Turkey’s central bank kept interest rates on hold yesterday, citing weakness in the lira currency, pausing after seven straight months of cuts and repeated calls by President Tayyip Erdogan for cheaper credit.
The lira plumbed new record lows against the US dollar last week and this, after the government signalled it would revive plans to push through an executive presidency, renewing investor concern about Erdogan’s drive to expand his power.
“The decision to halt the easing cycle was clearly motivated by the weaker lira,” said William Jackson of Capital Economics in e-mailed comments, adding the bank’s monetary policy committee had “not closed the door on future easing”.
It kept the overnight lending rate, the highest of the multiple rates it uses to set policy, at 8.25%.
Fourteen out of 15 economists polled by Reuters had expected the bank to cut rates, with most seeing a 25 basis point cut.
“Recent developments in exchange rates and other cost factors restrain the improvement in the inflation outlook and thus necessitate the maintenance of a cautious monetary policy stance,” the bank said in a statement announcing the decision, where it also kept its benchmark one-week repo rate on hold.
There had been some speculation in the market that the bank could put its easing on hold after an adviser to Erdogan said on Wednesday that it would stop cutting rates if it needed to, comments that strengthened the currency somewhat.
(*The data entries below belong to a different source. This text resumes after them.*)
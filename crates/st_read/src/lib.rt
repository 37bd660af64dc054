//! Reading Structured Text (IEC 61131-3, "Structured Text"): the pieces of a text, its tokens, and its statements with
//! one token of sight.
#![tactic(auto)]

mod declarations;
mod error;
mod found;
mod laws;
mod levels;
mod lexing;
mod making;
mod marks;
mod names;
mod operands;
mod program;
mod statements;
mod texts;
mod token_lists;
mod tokens;
mod words;

pub use error::StErr;
pub use laws::{no_program_where_refused, one_program, programs_are_small};
pub use texts::read;
pub use token_lists::one_token_list;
Inflation, at 7.28%, remains above the government’s target of 5%.
The pause comes after the government this month cut its economic growth outlook and raised its inflation and unemployment forecasts.
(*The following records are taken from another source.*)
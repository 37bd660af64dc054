//! Expressions, level by level of operators. The reader of operands is a parameter, so that the levels are proved by
//! themselves.

ghost use Rattle.std.specs.Prelude.{◌≡◌, true, false, map};
ghost use Rattle.grammar.specs.Reader as reader;
ghost use Rattle.st_ast.specs.Grammar.{max_depth};
ghost use Rattle.st_ast.specs.Grammar as grammar;
ghost use Rattle.st_ast.specs.View.{view_expr};
ghost use Rattle.st_read.specs.Gives.{Gives};
ghost use Rattle.st_read.specs.Operands.{operand_view};
ghost use Rattle.st_read.specs.Reading as reading;
ghost use Rattle.st_read.specs.ReadsUnary.{ReadsUnary};

use crate::error::Stop;
use crate::making::{Operand, made, pair};
use crate::tokens::{Read, Tokens, one_of, starts};
use cif_base::{Boxed, Items};
use st_ast::{StExpr, TokenKind};
use std::alloc::Global;

/// The deepest expression and the deepest statement that are read.
pub const MAX_DEPTH: u16 = 400;

/// The most operands that may stand inside one another: one more than forms do.
pub const MAX_CALLS: u16 = MAX_DEPTH + 1;

/// The levels of operators: products, sums, orders, equalities, `AND`, `XOR` and `OR`, which binds least.
pub const LEVELS: u8 = 7;

/// An expression with its depth, in a box, in which it is quick to check.
pub type Deep = (Boxed<StExpr>, u16);

/// A reader of expressions over one of operands.
#[derive(Clone, Copy)]
pub struct Levels<F> {
    pub alloc: Global,
    /// How deep operands may still nest.
    pub fuel: u16,
    pub unary: F,
}

/// The operators of a level, which are numbered from that which binds most.
fn operators(level: u8) -> &'static [TokenKind]
    ensures { result.now ≡ reading.operators level }
{
    match level {
        0 => &[TokenKind::Times, TokenKind::Slash, TokenKind::Mod],
        1 => &[TokenKind::Plus, TokenKind::Dash],
        2 => &[
            TokenKind::Less,
            TokenKind::Greater,
            TokenKind::AtMost,
            TokenKind::AtLeast,
        ],
        3 => &[TokenKind::Equals, TokenKind::Differs],
        4 => &[TokenKind::And],
        5 => &[TokenKind::Xor],
        _ => &[TokenKind::Or],
    }
}

/// The level of the operators of a kind, or the number of levels where there is none.
fn level_of(kind: TokenKind) -> u8
    ensures { result ≡ reading.lowest_of reading.levels 0 (grammar.code kind) }
{
    match kind {
        TokenKind::Times | TokenKind::Slash | TokenKind::Mod => 0,
        TokenKind::Plus | TokenKind::Dash => 1,
        TokenKind::Less | TokenKind::Greater | TokenKind::AtMost | TokenKind::AtLeast => 2,
        TokenKind::Equals | TokenKind::Differs => 3,
        TokenKind::And => 4,
        TokenKind::Xor => 5,
        TokenKind::Or => 6,
        _ => LEVELS,
    }
}

/// The level of the operator that comes next, or the number of levels where none comes.
fn next_level(tokens: &Tokens<'_>) -> u8
    ensures { result ≡ reading.next_level tokens.now }
{
    match tokens.kind() {
        Some(kind) => level_of(kind),
        None => LEVELS,
    }
}

/// Whether an operator of a level comes next.
#[tactic(auto, using(crate::proofs::Others::below_next))]
fn comes(tokens: &Tokens<'_>, level: u8) -> bool
    ensures { result ≡ reader.starts grammar.sort (reading.codes_of (reading.operators level)) tokens.now }
{
    next_level(tokens) <= level && starts(tokens, operators(level))
}

/// Whether a level has one operand after the first at the most.
fn has_pairs(level: u8) -> bool
    ensures { result ≡ reading.has_pairs level }
{
    level == 2 || level == 3
}

/// One more level of depth.
#[tactic(auto, unfolding(grammar::specs::Reader::level))]
fn deeper(e: Boxed<StExpr>, depth: u16, rest: Tokens<'_>) -> Read<'_, Deep>
    ensures { Gives (λ x. ((view_expr x.0.0, x.0.1), x.1)) result (reader.level max_depth (view_expr e) depth rest.entry) }
{
    if depth < MAX_DEPTH {
        Ok(((e, depth + 1), rest))
    } else {
        Err(Stop::NotTaken(rest.left()))
    }
}

impl<F: Fn(Global, Tokens<'_>, u16) -> Result<(Deep, Tokens<'_>), Stop>> Levels<F> {
    fn operand<'a>(&self, tokens: Tokens<'a>) -> Read<'a, Deep>
        requires { ReadsUnary self.now.fuel (F.pre self.now.unary) (F.post self.now.unary) }
        ensures { Gives (λ x. ((view_expr x.0.0, x.0.1), x.1)) result (reading.unary_at self.now.fuel tokens.entry) }
    {
        (self.unary)(self.alloc, tokens, self.fuel)
    }

    /// An operand inside a form.
    pub fn inner_operand<'a>(&self, tokens: Tokens<'a>) -> Read<'a, Deep>
        requires { ReadsUnary self.now.fuel (F.pre self.now.unary) (F.post self.now.unary) }
        ensures { Gives (λ x. ((view_expr x.0.0, x.0.1), x.1)) result (reader.inside max_depth (reading.unary_at self.now.fuel) tokens.entry) }
    {
        let ((e, depth), rest) = self.operand(tokens)?;
        deeper(e, depth, rest)
    }

    /// An operator of a level, and its operand.
    #[cycle(levels)]
    #[tactic(auto, unfolding(crate::specs::Reading::other_at))]
    fn other<'a>(
        &self,
        level: u8,
        tokens: Tokens<'a>,
    ) -> Read<'a, ((TokenKind, Boxed<StExpr>), u16)>
        requires { ReadsUnary self.now.fuel (F.pre self.now.unary) (F.post self.now.unary) }
        ensures { Gives (λ x. (((x.0.0.0, view_expr x.0.0.1), x.0.1), x.1)) result (reading.other_at level (reading.level_at level (reading.unary_at self.now.fuel)) tokens.entry) }
    {
        let (token, rest) = one_of(tokens, operators(level))?;
        let kind = token.kind();
        let ((value, depth), rest) = self.at(level, rest)?;
        let ((value, depth), rest) = deeper(value, depth, rest)?;
        Ok((((kind, value), depth), rest))
    }

    /// The operands of a level after the first, with their operators.
    #[cycle(levels)]
    #[tactic(auto, using(crate::proofs::SeenLoops::seen_deep_step, grammar::proofs::Loops::deep_stop, grammar::proofs::Loops::deep_fail, grammar::proofs::Loops::deep_end, grammar::proofs::Loops::deep_after_none), unfolding(crate::specs::Reading::others_at))]
    fn others<'a>(&self, level: u8, tokens: Tokens<'a>) -> Read<'a, (Items<Operand>, u16)>
        requires reads { ReadsUnary self.now.fuel (F.pre self.now.unary) (F.post self.now.unary) }
        requires many { reading.has_pairs level ≡ false }
        ensures { Gives (λ x. ((map operand_view x.0.0, x.0.1), x.1)) result (reading.others_at level (reading.level_at level (reading.unary_at self.now.fuel)) tokens.entry) }
    {
        let signs = operators(level);
        let most = tokens.len();
        let mut found = Items::new(self.alloc);
        let mut deep = 0;
        let mut rest = tokens;
        for _turn in 0..most {
            if !starts(&rest, signs) {
                return Ok(((found, deep), rest));
            }
            let (((kind, value), depth), left) = self.other(level, rest)?;
            let value = value.into_inner();
            found.push(Operand { kind, value })?;
            deep = deep.max(depth);
            rest = left;
        }
        Ok(((found, deep), rest))
    }

    /// A first operand of a level as one form with those after it.
    #[cycle(levels)]
    #[tactic(auto, using(crate::proofs::SeenLoops::seen_chained))]
    fn chained<'a>(&self, level: u8, operand: Deep, tokens: Tokens<'a>) -> Read<'a, Deep>
        requires reads { ReadsUnary self.now.fuel (F.pre self.now.unary) (F.post self.now.unary) }
        requires many { reading.has_pairs level ≡ false }
        ensures { Gives (λ x. ((view_expr x.0.0, x.0.1), x.1)) result (reading.form_at level (reading.level_at level (reading.unary_at self.now.fuel)) (view_expr operand.0, operand.1) tokens.entry) }
    {
        let (first, depth) = operand;
        let ((more, deep), rest) = self.others(level, tokens)?;
        if more.is_empty() {
            return Ok(((first, depth), rest));
        }
        let ((first, depth), rest) = deeper(first, depth, rest)?;
        let e = made(self.alloc, level, first, more)?;
        Ok(((e, depth.max(deep)), rest))
    }

    /// A first operand of an order or an equality as one form with that after it.
    #[cycle(levels)]
    #[tactic(auto, using(crate::proofs::Others::pair_at))]
    fn paired<'a>(&self, level: u8, operand: Deep, tokens: Tokens<'a>) -> Read<'a, Deep>
        requires reads { ReadsUnary self.now.fuel (F.pre self.now.unary) (F.post self.now.unary) }
        requires one { reading.has_pairs level ≡ true }
        requires starts { reader.starts grammar.sort (reading.codes_of (reading.operators level)) tokens ≡ true }
        ensures { Gives (λ x. ((view_expr x.0.0, x.0.1), x.1)) result (reading.form_at level (reading.level_at level (reading.unary_at self.now.fuel)) (view_expr operand.0, operand.1) tokens.entry) }
    {
        let (first, depth) = operand;
        let (((kind, other), deep), rest) = self.other(level, tokens)?;
        let ((first, depth), rest) = deeper(first, depth, rest)?;
        let e = pair(self.alloc, level, first, kind, other)?;
        Ok(((e, depth.max(deep)), rest))
    }

    /// A first operand of a level as one form with those after it, where an operator of the level comes next.
    #[cycle(levels)]
    fn after<'a>(&self, level: u8, operand: Deep, tokens: Tokens<'a>) -> Read<'a, Deep>
        requires reads { ReadsUnary self.now.fuel (F.pre self.now.unary) (F.post self.now.unary) }
        requires starts { reader.starts grammar.sort (reading.codes_of (reading.operators level)) tokens ≡ true }
        ensures { Gives (λ x. ((view_expr x.0.0, x.0.1), x.1)) result (reading.form_at level (reading.level_at level (reading.unary_at self.now.fuel)) (view_expr operand.0, operand.1) tokens.entry) }
    {
        if has_pairs(level) {
            self.paired(level, operand, tokens)
        } else {
            self.chained(level, operand, tokens)
        }
    }

    /// An expression of so many levels of operators: an operand goes up the levels, and takes those after it where an operator of the
    /// level comes next.
    #[cycle(levels)]
    #[tactic(auto, using(crate::proofs::Others::risen))]
    pub fn at<'a>(&self, levels: u8, tokens: Tokens<'a>) -> Read<'a, Deep>
        requires { ReadsUnary self.now.fuel (F.pre self.now.unary) (F.post self.now.unary) }
        ensures { Gives (λ x. ((view_expr x.0.0, x.0.1), x.1)) result (reading.level_at levels (reading.unary_at self.now.fuel) tokens.entry) }
    {
        let (mut operand, mut rest) = self.operand(tokens)?;
        for level in 0..levels {
            if levels <= next_level(&rest) {
                return Ok((operand, rest));
            }
            if comes(&rest, level) {
                let (joined, left) = self.after(level, operand, rest)?;
                operand = joined;
                rest = left;
            }
        }
        Ok((operand, rest))
    }

    /// A whole expression inside a form.
    pub fn within<'a>(&self, tokens: Tokens<'a>) -> Read<'a, Deep>
        requires { ReadsUnary self.now.fuel (F.pre self.now.unary) (F.post self.now.unary) }
        ensures { Gives (λ x. ((view_expr x.0.0, x.0.1), x.1)) result (reading.within_at self.now.fuel tokens.entry) }
    {
        let ((e, depth), rest) = self.at(LEVELS, tokens)?;
        deeper(e, depth, rest)
    }
}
Hours before the announcement, Erdogan – who favours low interest rates to spur spending and bolster the economy – declared himself an “enemy” of interest rates. “I’m not fond of interest rates. I am an enemy of interest rates as I see them as a means of exploitation,” he told a meeting at his palace in Ankara, comments that were broadcast live on television.
Last month, ratings agency Moody’s lowered its rating on Turkey’s sovereign debt to “junk” status, citing worries about the rule of law after an attempted coup and the risks from a slowing economy.
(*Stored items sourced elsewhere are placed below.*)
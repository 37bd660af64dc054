//! Identifiers and names, and lists of them.

ghost use Rattle.std.specs.Prelude.{◌≡◌, option_copied};
ghost use Rattle.cif_parse_expr.specs.Gives.{Gives};
ghost use Rattle.cif_parse_expr.specs.Parts as parts;
ghost use Rattle.cif_parse_expr.specs.Reading as reading;
ghost use Rattle.cif_parse_expr.specs.Trees as tree;

use crate::parts::{Part, separated};
use crate::spelling::spelling;
use crate::tokens::{Read, kind, sign, starts};
use cif_ast::{Ident, Name};
use cif_base::{Items, Text};
use cif_lex::{Mark, Token, TokenKind};
use std::alloc::Global;

/// An identifier.
#[tactic(auto, unfolding(crate::specs::Reading::ident_at))]
pub fn ident<'a>(alloc: Global, text: &[u8], tokens: &'a [Token]) -> Read<'a, Ident>
    ensures { Gives (λ x. (x.0, x.1.now)) result (reading.ident_at text.now tokens.now) }
{
    let (token, rest) = kind(tokens, TokenKind::Id)?;
    let at = token.span.from;
    let text = Text::from_slice(alloc, spelling(text, token))?;
    Ok((Ident { text, at }, rest))
}

/// An identifier, as a part.
pub struct IdentPart;

impl Part for IdentPart {
    type Tree = Ident;

    ghost use Rattle.cif_parse_expr.specs.Reading as reading;

    ghost tree_at = { λ s. reading.ident_at };

    fn read<'a>(&self, alloc: Global, text: &[u8], tokens: &'a [Token]) -> Read<'a, Ident> {
        ident(alloc, text, tokens)
    }
}

/// The dot at the front, where there is one.
#[tactic(auto, unfolding(crate::specs::Reading::dot_at))]
fn dot(tokens: &[Token]) -> Read<'_, Option<&Token>>
    ensures { Gives (λ x. (option_copied x.0, x.1.now)) result (reading.dot_at tokens.now) }
{
    if !starts(tokens, &[TokenKind::Sign(Mark::Dot)]) {
        return Ok((None, tokens));
    }
    let (dot, rest) = sign(tokens, Mark::Dot)?;
    Ok((Some(dot), rest))
}

/// Where a name begins.
fn place(dot: Option<&Token>, parts: &[Ident]) -> u32
    ensures { result ≡ tree.name_place (option_copied dot.entry) parts.now }
{
    match (dot, parts) {
        (Some(dot), _) => dot.span.from,
        (None, [first, ..]) => first.at,
        (None, []) => 0,
    }
}

fn is_from_root(dot: Option<&Token>) -> bool
    ensures { result ≡ tree.from_root (option_copied dot.entry) }
{
    dot.is_some()
}

/// A name: identifiers with dots between them, and a dot before them where it is looked up from the specification.
#[tactic(auto, unfolding(crate::specs::Reading::name_at))]
pub fn name<'a>(alloc: Global, text: &[u8], tokens: &'a [Token]) -> Read<'a, Name>
    ensures { Gives (λ x. (x.0, x.1.now)) result (reading.name_at text.now tokens.now) }
{
    let (dot, rest) = dot(tokens)?;
    let (parts, rest) = separated(&IdentPart, alloc, text, Mark::Dot, rest)?;
    let at = place(dot, parts.as_slice());
    let from_root = is_from_root(dot);
    Ok((
        Name {
            from_root,
            parts,
            at,
        },
        rest,
    ))
}

/// A name, as a part.
pub struct NamePart;

impl Part for NamePart {
    type Tree = Name;

    ghost use Rattle.cif_parse_expr.specs.Reading as reading;

    ghost tree_at = { λ s. reading.name_at };

    fn read<'a>(&self, alloc: Global, text: &[u8], tokens: &'a [Token]) -> Read<'a, Name> {
        name(alloc, text, tokens)
    }
}

/// Identifiers with commas between them.
#[tactic(auto, unfolding(crate::specs::Parts::ids_at))]
pub fn ids<'a>(alloc: Global, text: &[u8], tokens: &'a [Token]) -> Read<'a, Items<Ident>>
    ensures { Gives (λ x. (x.0, x.1.now)) result (parts.ids_at text.now tokens.now) }
{
    separated(&IdentPart, alloc, text, Mark::Comma, tokens)
}

/// Names with commas between them.
#[tactic(auto, unfolding(crate::specs::Parts::names_at))]
pub fn names<'a>(alloc: Global, text: &[u8], tokens: &'a [Token]) -> Read<'a, Items<Name>>
    ensures { Gives (λ x. (x.0, x.1.now)) result (parts.names_at text.now tokens.now) }
{
    separated(&NamePart, alloc, text, Mark::Comma, tokens)
}

/// Names with commas between them, as a part.
pub struct NamesPart;

impl Part for NamesPart {
    type Tree = Items<Name>;

    ghost use Rattle.cif_parse_expr.specs.Parts as parts;

    ghost tree_at = { λ s. parts.names_at };

    fn read<'a>(&self, alloc: Global, text: &[u8], tokens: &'a [Token]) -> Read<'a, Items<Name>> {
        names(alloc, text, tokens)
    }
}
Still, the bank could continue to cut rates if the lira recovers, said Ibrahim Aksoy of HSBC Asset Management. “We think that the bank will be monitoring global liquidity conditions and the trend in the lira for another cut in the overnight lending rate,” he said.” Another 25 basis points rate cut is possible in November if the trend in the lira allows it.”
Following the decision, the lira strengthened as far as 3.0517 to the dollar from 3.0710 beforehand.
By 1125 GMT, it had slipped back to 3.0635.